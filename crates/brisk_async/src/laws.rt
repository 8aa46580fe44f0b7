//! What schedules do: laws of the machine, which hold for all programs, states and schedules. The functions do nothing.

ghost use Rattle.brisk_async.specs.Laws.{RunAppends, Diamond, OneEvent, Front, NamedHead, NamedBack};
ghost use Rattle.brisk_async.specs.Kinds.{KindsHold};

/// To run two lists of events is to run the one and then the other.
pub fn run_appends()
    ensures { RunAppends }
{}

/// Enabled events of two processes stay enabled after each other, and lead to the same state in either order.
pub fn diamond()
    ensures { Diamond }
{}

/// A process whose head is no receive from any, and no receive on a loose channel, has one event.
pub fn one_event()
    ensures { OneEvent }
{}

/// In a schedule to a terminal state an enabled event without sender and place can be moved to the front.
pub fn front()
    ensures { Front }
{}

/// Where a process stands at a receive from any, a schedule to a terminal state takes some member's message or waits.
pub fn named_head()
    ensures { NamedHead }
{}

/// A schedule from where the receive names a member leads to the same end from where it names none.
pub fn named_back()
    ensures { NamedBack }
{}

/// In every reachable state of a well-typed program each stored value and each payload has its kind.
pub fn kinds_hold()
    ensures { KindsHold }
{}
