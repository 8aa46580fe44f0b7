//! The changes that events make to the store and the mail.
ghost use Rattle.std.specs.Prelude.{◌≡◌, OnOk, OnErr};
ghost use Rattle.brisk_values.specs.Places.{value_in};
ghost use Rattle.brisk_syntax.specs.Stores.{stored};
ghost use Rattle.brisk_syntax.specs.Syntax.{done};
ghost use Rattle.brisk_async.specs.Acts.{effect_with};
ghost use Rattle.brisk_async.specs.Keys.{mail_in};
ghost use Rattle.brisk_async.specs.Machine.{changed_mail};

use crate::effect::Change;
use crate::mail::Mail;
use brisk_syntax::store_all;
use brisk_values::{NoMemory, Pid, Store};

/// Makes the change to the store and the mail.
pub fn make_change(
    store: &mut Store,
    mail: &mut Mail,
    process: &Pid,
    change: Change,
) -> Result<(), NoMemory>
    ensures stored { OnOk result (let x = effect_with done change in value_in store.new ≡ stored (value_in store.old) process.now x.variables x.values) }
    ensures sent { OnOk result (let x = effect_with done change in mail_in mail.new ≡ changed_mail x.mail (mail_in mail.old)) }
    ensures err { OnErr result ((store.new ≡ store.old) × (mail.new ≡ mail.old)) }
{
    match change {
        Change::Nothing => Ok(()),
        Change::Stores(x, v) => {
            store.set(*process, x, v)?;
            Ok(())
        }
        Change::Sends(key, payload) => {
            mail.push(&key, payload)?;
            Ok(())
        }
        Change::Takes(key, place, vars, values) => {
            store_all(store, process, &vars, &values)?;
            mail.take(&key, place);
            Ok(())
        }
    }
}
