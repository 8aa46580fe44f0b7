//! A copy of sizes, for a machine to keep.
ghost use Rattle.std.specs.Prelude.{◌≡◌, IfOk};

use brisk_values::{NoMemory, Sizes};
use std::alloc::Global;

/// The same sizes.
pub fn copy_sizes(alloc: Global, sizes: &Sizes) -> Result<Sizes, NoMemory>
    ensures { IfOk result (λ s. s ≡ sizes.now) }
{
    Ok(Sizes {
        items: Vec::from_slice(alloc, &sizes.items)?,
    })
}
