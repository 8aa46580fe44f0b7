//! What holds of the definition of tokens.
ghost use Rattle.brisk_lex.specs.Longest.{LongestIsCut, SpellingsAreTexts};

/// What is cut off at each place of a text is the longest front there that is a token. Where none is cut off, no
/// front is one, or the longest is a number or a name past its limit.
pub fn longest()
    ensures cut { LongestIsCut }
    ensures spelled { SpellingsAreTexts }
{}
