//! Marks: tokens of one or two characters that are no letters.
ghost use Rattle.std.specs.Prelude.{◌≡◌};
ghost use Rattle.brisk_lex.specs.Vocabulary as spec;

use crate::token::Mark;

/// The mark of these two characters.
#[tactic(auto, unfolding(crate::specs::Vocabulary::double_mark))]
pub fn double_mark(first: char, second: char) -> Option<Mark>
    ensures { result ≡ spec.double_mark first second }
{
    match (first, second) {
        (':', '=') => Some(Mark::Assign),
        ('=', '=') => Some(Mark::EqEq),
        ('!', '=') => Some(Mark::NotEq),
        ('<', '=') => Some(Mark::LessEq),
        ('>', '=') => Some(Mark::GreaterEq),
        ('&', '&') => Some(Mark::AndAnd),
        ('|', '|') => Some(Mark::OrOr),
        _ => None,
    }
}

/// The mark of this character alone.
#[tactic(auto, unfolding(crate::specs::Vocabulary::single_mark))]
pub fn single_mark(c: char) -> Option<Mark>
    ensures { result ≡ spec.single_mark c }
{
    match c {
        '{' => Some(Mark::LBrace),
        '}' => Some(Mark::RBrace),
        '(' => Some(Mark::LParen),
        ')' => Some(Mark::RParen),
        ',' => Some(Mark::Comma),
        ';' => Some(Mark::Semi),
        ':' => Some(Mark::Colon),
        '=' => Some(Mark::Equals),
        '.' => Some(Mark::Dot),
        '#' => Some(Mark::Hash),
        '+' => Some(Mark::Plus),
        '-' => Some(Mark::Minus),
        '*' => Some(Mark::Star),
        '<' => Some(Mark::Less),
        '>' => Some(Mark::Greater),
        '!' => Some(Mark::Bang),
        _ => None,
    }
}
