//! What each process has left to do.
ghost use Rattle.std.specs.Prelude.{◌≡◌, IsSome, IsTrue, OnOk, ◌↔◌, All, Some, option_and_then};
ghost use Rattle.std.specs.BTreeMap as tree;
ghost use Rattle.brisk_values.specs.Places.{process_cmp};
ghost use Rattle.brisk_syntax.specs.Syntax.{done};
ghost use Rattle.std.specs.Option.{option_copied};
ghost use Rattle.std.specs.FinMap as map;
ghost use Rattle.brisk_syntax.specs.Segments.{head_of, or_done};
ghost use Rattle.brisk_syntax.specs.Value.{size_in};
ghost use Rattle.brisk_async.specs.Blocked.{IsBlocked};
ghost use Rattle.brisk_async.specs.Effects.{next_of};
ghost use Rattle.brisk_async.specs.Keys.{code_in_map, mail_in};
ghost use Rattle.brisk_values.specs.declared.value.Pid.{Pid as Process};

use crate::blocked::is_blocked;
use crate::mail::Mail;
use brisk_syntax::Code;
use brisk_values::{NoMemory, Pid, Sizes};
use std::alloc::Global;
use std::collections::BTreeMap;
use std::marker::Model;

/// The code after an event: the old one without its first statement, or another.
#[derive(Drop)]
pub enum Next {
    Rest,
    Code(Code),
}

/// The code of each process.
#[derive(Drop)]
pub struct Codes {
    codes: BTreeMap<Pid, Code>,
}

impl Model for Codes {
    ghost use Rattle.std.specs.FinMap as map;
    ghost use Rattle.brisk_async.specs.Keys.{Processes, coded_processes};

    ghost Value = { Processes };

    ghost coded = { coded_processes };

    ghost view = { λ m. map.from_entries m.codes.entries };
}

impl Codes {
    /// No codes.
    pub fn new(alloc: Global) -> Codes
        ensures { result ≡ map.empty }
    {
        Codes {
            codes: BTreeMap::new(alloc),
        }
    }

    /// Puts the code of a process.
    pub fn add(&mut self, process: Pid, code: Code) -> Result<(), NoMemory>
        ensures { OnOk result (self.new ≡ map.insert self.old process code) }
    {
        self.codes.insert(process, code)?;
        Ok(())
    }

    /// The code of a process, if it is in the instance.
    pub fn get(&self, process: &Pid) -> Option<&Code>
        ensures { option_copied result ≡ map.get self.now process.now }
    {
        self.codes.get(process)
    }

    /// Whether every process has nothing left to do.
    pub fn are_done(&self) -> bool
        ensures { IsTrue result ↔ ((p : Process) → code_in_map self.now p ≡ done) }
    {
        all_done(&self.codes)
    }

    /// Whether no process has an event.
    pub fn are_blocked(&self, sizes: &Sizes, mail: &Mail) -> bool
        ensures { IsTrue result ↔ ((p : Process) → IsBlocked (size_in sizes.now) (mail_in mail.now) p (head_of (code_in_map self.now p))) }
    {
        all_blocked(&self.codes, sizes, mail)
    }

    /// Puts the next code of a process.
    pub fn put(&mut self, process: &Pid, next: Next)
        requires { IsSome (option_and_then head_of (map.get self.old process.now)) }
        ensures { self.new ≡ map.insert self.old process.now (next_of next (or_done (map.get self.old process.now))) }
    {
        if let Some(code) = self.codes.get_mut(process) {
            return put_next(code, next);
        }
    }
}

// Whether all codes are empty.
fn all_done(codes: &BTreeMap<Pid, Code>) -> bool
    ensures done { IsTrue result ↔ All (λ c. c ≡ done) (tree.values codes.now) }
    ensures ordered { tree.IsOrdered process_cmp codes.now }
{
    codes.values().all(|code| is_empty(code))
}

// Whether no process has an event.
fn all_blocked(codes: &BTreeMap<Pid, Code>, sizes: &Sizes, mail: &Mail) -> bool
    ensures blocked { IsTrue result ↔ All (λ e. IsBlocked (size_in sizes.now) (mail_in mail.now) e.0 (head_of e.1)) codes.now.entries }
    ensures found { All (λ e. tree.get process_cmp codes.now e.0 ≡ Some e.1) codes.now.entries }
{
    codes
        .iter()
        .all(|(process, code)| is_blocked(sizes, mail, process, code))
}

// Whether the code is empty.
fn is_empty(code: &Code) -> bool
    ensures { IsTrue result ↔ (code.now ≡ done) }
{
    code.first().is_none()
}

// Puts the next code.
fn put_next(code: &mut Code, next: Next)
    requires { IsSome (head_of code.old) }
    ensures { code.new ≡ next_of next code.old }
{
    match next {
        Next::Rest => code.skip(),
        Next::Code(next) => *code = next,
    }
}
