//! The tokens of a whole text.
ghost use Rattle.std.specs.Prelude.{◌≡◌, ◌<◌, ◌≤◌, ◌^◌, length, MatchOption, IfErr, IfOk};
ghost use Rattle.std.specs.Str.{chars};
ghost use Rattle.std.specs.Str.Lossy.{utf8_error_len};
ghost use Rattle.brisk_lex.specs.Tokens as spec;
ghost use Rattle.brisk_lex.specs.Broken.{IsNotUtf8At};
ghost use Rattle.brisk_lex.specs.Seen.{Gives};

use crate::cut::{Cut, cut_at};
use crate::fault::LexFault;
use crate::scan::take_char;
use crate::token::Placed;
use std::alloc::Global;
use std::str::from_utf8;

/// The tokens of characters.
fn lexed(alloc: Global, text: &str) -> Result<Vec<Placed>, LexFault>
    requires { length text.now < 2 ^ 32 }
    ensures { Gives (λ v. v.items) result (spec.lexed (length text.now) 0 (chars text.now)) }
{
    let mut tokens = Vec::new(alloc);
    let mut rest = text;
    while let Some((c, after)) = take_char(rest) {
        let at = (text.len() - rest.len()) as u32;
        match cut_at(c, rest, after) {
            Cut::Blank(next) => rest = next,
            Cut::Takes(token, next) => {
                tokens.push(Placed { token, at })?;
                rest = next;
            }
            Cut::Fails(wrong) => return Err(wrong.at(at)),
        }
    }
    Ok(tokens)
}

/// How many of the bytes begin a character, where no whole one stands at the front.
fn begun(bytes: &[u8], error_len: Option<usize>) -> usize
    requires within { MatchOption error_len (Unit {0}) (λ k. k ≤ length bytes.now) }
    requires is { error_len ≡ utf8_error_len bytes.now }
    ensures value { result ≡ spec.begun bytes.now }
    ensures within { result ≤ length bytes.now }
{
    match bytes {
        [0xC2..=0xF4, ..] => error_len.unwrap_or(bytes.len()),
        _ => 0,
    }
}

/// The tokens of a text, each the longest that can be cut off at its byte.
///
/// A fault names the least byte at which reading fails: the first byte with which the bytes so far begin no
/// UTF-8 text, or the beginning of a character that begins no token, of a number above
/// 9,223,372,036,854,775,808, or of a name of more than 64 bytes. A text that ends inside a character fails at its
/// end.
#[tactic(auto, unfolding(crate::specs::Tokens::tokens))]
pub fn tokens(alloc: Global, text: &[u8]) -> Result<Vec<Placed>, LexFault>
    requires { length text.now ≤ 16777216 }
    ensures reads { Gives (λ v. v.items) result (spec.tokens text.now) }
    ensures broken { IfErr result (IsNotUtf8At text.now) }
    ensures few { IfOk result (λ v. length v.items ≤ length text.now) }
{
    let error = match from_utf8(text) {
        Ok(whole) => return lexed(alloc, whole),
        Err(error) => error,
    };
    let (front, rest) = text.split_at(error.valid_up_to());
    let Ok(front_text) = from_utf8(front) else {
        unreachable!()
    };
    let _tokens = lexed(alloc, front_text)?;
    let at = front.len() + begun(rest, error.error_len());
    Err(LexFault::NotUtf8(at as u32))
}
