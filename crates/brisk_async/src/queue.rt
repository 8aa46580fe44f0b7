//! Queues as they are told, and the order in which they are.
ghost use Rattle.std.specs.Prelude.{◌≡◌, IfOk, map};
ghost use Rattle.std.specs.BTreeMap.{IsOrdered};
ghost use Rattle.std.specs.List.{position_or_len};
ghost use Rattle.brisk_values.specs.Names.{same_name};
ghost use Rattle.brisk_async.specs.InOrder.{process_place as place_of, rank as rank_of, rank_cmp};
ghost use Rattle.brisk_async.specs.Keys.{queue_of};
ghost use Rattle.brisk_async.specs.Ranks.{told_by};

use crate::mail::Key;
use brisk_syntax::{Channels, Program, Roles};
use brisk_values::{Name, NoMemory, Pid};
use std::alloc::Global;
use std::collections::BTreeMap;

/// A queue, and how many messages wait in it.
#[derive(Clone, Copy, Debug, PartialEq, Eq)]
pub struct Queue {
    pub from: Pid,
    pub to: Pid,
    pub channel: Name,
    pub length: u64,
}

/// What queues are ordered by: the places of the sender, the receiver and the channel, and last the key.
#[derive(Clone, Copy, Debug, PartialEq, Eq, PartialOrd, Ord)]
pub struct Rank {
    pub from: (usize, u32),
    pub to: (usize, u32),
    pub channel: usize,
    pub key: Key,
}

// The place of a role, and behind all of them where there is none of this name.
fn role_place(roles: &Roles, name: &Name) -> usize
    ensures { result ≡ position_or_len (λ r. same_name name.now r.name) roles.now }
{
    for (k, role) in roles.items.iter().enumerate() {
        if *name == role.name {
            return k;
        }
    }
    roles.items.len()
}

// The place of a channel, and behind all of them where there is none of this name.
fn channel_place(channels: &Channels, name: &Name) -> usize
    ensures { result ≡ position_or_len (λ c. same_name name.now c.name) channels.now }
{
    for (k, channel) in channels.items.iter().enumerate() {
        if *name == channel.name {
            return k;
        }
    }
    channels.items.len()
}

fn process_place(program: &Program, process: &Pid) -> (usize, u32)
    ensures { result ≡ place_of program.now process.now }
{
    (role_place(&program.roles, &process.role), process.member)
}

/// The rank of a queue in a program.
pub fn rank_in(program: &Program, key: &Key) -> Rank
    ensures { result ≡ rank_of program.now (queue_of key.now) }
{
    Rank {
        from: process_place(program, &key.from),
        to: process_place(program, &key.to),
        channel: channel_place(&program.channels, &key.channel),
        key: *key,
    }
}

/// The queues of these ranks, in order.
pub fn told(alloc: Global, numbers: &BTreeMap<Rank, u64>) -> Result<Vec<Queue>, NoMemory>
    ensures told { IfOk result (λ qs. qs.items ≡ map told_by numbers.now.entries) }
    ensures ordered { IsOrdered rank_cmp numbers.now }
{
    let mut queues = Vec::new(alloc);
    for (rank, number) in numbers {
        queues.push(Queue {
            from: rank.key.from,
            to: rank.key.to,
            channel: rank.key.channel,
            length: *number,
        })?;
    }
    Ok(queues)
}
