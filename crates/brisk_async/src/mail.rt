//! Mail: for each sender, receiver and channel the payloads that wait, the oldest first.
ghost use Rattle.std.specs.Prelude.{◌≡◌, ◌∷◌, [], ◌++◌, OnOk, OnErr, IsTrue, ◌↔◌, IfOk, length};
ghost use Rattle.std.specs.Option.{option_copied};
ghost use Rattle.brisk_values.specs.Functions.{changed};
ghost use Rattle.brisk_async.specs.Machine.{same_queue, payload_at, without};
ghost use Rattle.brisk_async.specs.Keys.{mail_in, queue_of};
ghost use Rattle.brisk_async.specs.Ranks.{AreNumbers};

use crate::queue::{Rank, rank_in};
use brisk_syntax::Program;
use brisk_values::{Name, NoMemory, Pid, Values};
use std::alloc::Global;
use std::collections::{BTreeMap, VecDeque};
use std::marker::Model;

/// The sender, the receiver and the channel of a queue.
#[derive(Clone, Copy, Debug, PartialEq, Eq, PartialOrd, Ord)]
pub struct Key {
    pub from: Pid,
    pub to: Pid,
    pub channel: Name,
}

// The payloads of one queue, the oldest first.
#[derive(Drop)]
struct Waiting {
    payloads: VecDeque<Values>,
}

impl Model for Waiting {
    ghost use Rattle.std.specs.Prelude.{List};
    ghost use Rattle.std.specs.Coded.{coded_list};
    ghost use Rattle.brisk_values.specs.Places.{coded_value};
    ghost use Rattle.brisk_values.specs.declared.value.Value.{Value as Val};

    ghost Value = { List (List Val) };

    ghost coded = { coded_list (coded_list coded_value) };

    ghost view = { λ a. a.payloads.items };
}

impl Waiting {
    fn count(&self) -> u64
        ensures { result ≡ length self.now }
    {
        self.payloads.len() as u64
    }

    fn payload(&self, place: u32) -> Option<&Values>
        ensures { option_copied result ≡ payload_at self.now place }
    {
        let place = place as usize;
        if place < self.payloads.len() {
            Some(&self.payloads[place])
        } else {
            None
        }
    }

    fn push(&mut self, payload: Values) -> Result<(), NoMemory>
        ensures ok { OnOk result (self.new ≡ self.old ++ payload ∷ []) }
        ensures err { OnErr result (self.new ≡ self.old) }
    {
        self.payloads.push_back(payload)?;
        Ok(())
    }

    fn take(&mut self, place: u32)
        ensures { self.new ≡ without self.old place }
    {
        let place = place as usize;
        if place == 0 {
            let _oldest = self.payloads.pop_front();
        } else if place < self.payloads.len() {
            let _taken = self.payloads.remove(place);
        }
    }
}

/// The queues of a machine.
#[derive(Drop)]
pub struct Mail {
    alloc: Global,
    queues: BTreeMap<Key, Waiting>,
}

impl Model for Mail {
    ghost use Rattle.std.specs.FinMap as map;
    ghost use Rattle.brisk_async.specs.Keys.{Queues, coded_queues};

    ghost Value = { Queues };

    ghost coded = { coded_queues };

    ghost view = { λ m. map.from_entries m.queues.entries };
}

impl Mail {
    /// Empty queues.
    pub fn new(alloc: Global) -> Mail
        ensures { mail_in result ≡ (λ q. []) }
    {
        Mail {
            alloc,
            queues: BTreeMap::new(alloc),
        }
    }

    /// The payload at a place of a queue, counted from 0 at the oldest.
    pub fn payload(&self, key: &Key, place: u32) -> Option<&Values>
        ensures { option_copied result ≡ payload_at (mail_in self.now (queue_of key.now)) place }
    {
        match self.queues.get(key) {
            None => None,
            Some(waiting) => waiting.payload(place),
        }
    }

    /// Whether no payload waits in the queue.
    pub fn is_empty(&self, key: &Key) -> bool
        ensures { IsTrue result ↔ (mail_in self.now (queue_of key.now) ≡ []) }
    {
        self.payload(key, 0).is_none()
    }

    /// Puts the payload at the end of the queue.
    pub fn push(&mut self, key: &Key, payload: Values) -> Result<(), NoMemory>
        ensures ok { OnOk result (mail_in self.new ≡ changed same_queue (mail_in self.old) (queue_of key.now) (mail_in self.old (queue_of key.now) ++ payload ∷ [])) }
        ensures err { OnErr result (self.new ≡ self.old) }
    {
        if let Some(waiting) = self.queues.get_mut(key) {
            waiting.push(payload)?;
            return Ok(());
        }
        let mut payloads = VecDeque::new(self.alloc);
        payloads.push_back(payload)?;
        self.queues.insert(*key, Waiting { payloads })?;
        Ok(())
    }

    /// The number of payloads of each queue that isn't empty, by its rank in the program.
    pub fn numbers(&self, program: &Program) -> Result<BTreeMap<Rank, u64>, NoMemory>
        ensures { IfOk result (AreNumbers program.now (mail_in self.now)) }
    {
        let mut numbers = BTreeMap::new(self.alloc);
        for (key, waiting) in &self.queues {
            let number = waiting.count();
            if number > 0 {
                numbers.insert(rank_in(program, key), number)?;
            }
        }
        Ok(numbers)
    }

    /// Takes the payload at the place of the queue.
    pub fn take(&mut self, key: &Key, place: u32)
        ensures { mail_in self.new ≡ changed same_queue (mail_in self.old) (queue_of key.now) (without (mail_in self.old (queue_of key.now)) place) }
    {
        if let Some(waiting) = self.queues.get_mut(key) {
            return waiting.take(place);
        }
    }
}
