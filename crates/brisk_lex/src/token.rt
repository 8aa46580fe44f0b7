//! Tokens, and where they stand.
use brisk_values::Name;

/// A reserved word.
#[derive(Clone, Copy, Debug, PartialEq, Eq)]
pub enum Word {
    KwEnum,
    KwChannel,
    KwOne,
    KwMany,
    KwNonempty,
    KwVar,
    KwInput,
    KwInt,
    KwBool,
    KwTrue,
    KwFalse,
    KwSend,
    KwTo,
    KwRecv,
    KwFrom,
    KwAny,
    KwIn,
    KwIf,
    KwElse,
    KwWhile,
    KwFor,
    KwRepeat,
    KwBegin,
    KwEnd,
    KwBox,
    KwPick,
    KwLoose,
}

/// A mark of one or two characters.
#[derive(Clone, Copy, Debug, PartialEq, Eq)]
pub enum Mark {
    LBrace,
    RBrace,
    LParen,
    RParen,
    Comma,
    Semi,
    Colon,
    /// `:=`
    Assign,
    /// `=`
    Equals,
    Dot,
    Hash,
    Plus,
    Minus,
    Star,
    EqEq,
    NotEq,
    Less,
    LessEq,
    Greater,
    GreaterEq,
    AndAnd,
    OrOr,
    Bang,
}

/// A token. A number is below 2^63, or 2^63 itself.
#[derive(Clone, Copy, Debug, PartialEq, Eq)]
pub enum Token {
    Word(Word),
    Name(Name),
    Num(u64),
    Mark(Mark),
}

/// A token, and the byte of its beginning.
#[derive(Clone, Copy, Debug, PartialEq, Eq)]
pub struct Placed {
    pub token: Token,
    pub at: u32,
}
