//! Runs of characters at the front of a text.
ghost use Rattle.std.specs.Prelude.{◌≡◌, ◌++◌, ◌∷◌, [], drop, MatchOption};
ghost use Rattle.std.specs.Str.{chars};
ghost use Rattle.std.specs.Char.{encode_utf8};
ghost use Rattle.std.specs.List.{prefix_len};
ghost use Rattle.unicode_ident.specs.Ident.{is_xid_continue};
ghost use Rattle.brisk_lex.specs.Tokens.{not_newline};

use unicode_ident::is_xid_continue;

/// The first character, and the text after it.
pub fn take_char(text: &str) -> Option<(char, &str)>
    ensures { MatchOption result (chars text.now ≡ []) (λ x. (chars text.now ≡ x.0 ∷ chars x.1.now) × (text.now ≡ encode_utf8 x.0 ++ x.1.now)) }
{
    let mut chars = text.chars();
    let c = chars.next()?;
    Some((c, chars.as_str()))
}

/// The text after the characters that go on with a name.
pub fn past_name(mut text: &str) -> &str
    ensures { chars result.now ≡ drop (prefix_len is_xid_continue (chars text.entry.now)) (chars text.entry.now) }
{
    while let Some((c, after)) = take_char(text) {
        if !is_xid_continue(c) {
            break;
        }
        text = after;
    }
    text
}

/// The text from the next byte 10 on.
pub fn past_line(mut text: &str) -> &str
    ensures { chars result.now ≡ drop (prefix_len not_newline (chars text.entry.now)) (chars text.entry.now) }
{
    while let Some((c, after)) = take_char(text) {
        if c == '\n' {
            break;
        }
        text = after;
    }
    text
}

= Work item =
Each line with "waits" in it must be identified and copied from the material.

= Solution for this exercise =
/// Where a process stands at a receive from any, a schedule to a terminal state takes some member's message or waits.
    /// Whether no payload waits in the queue.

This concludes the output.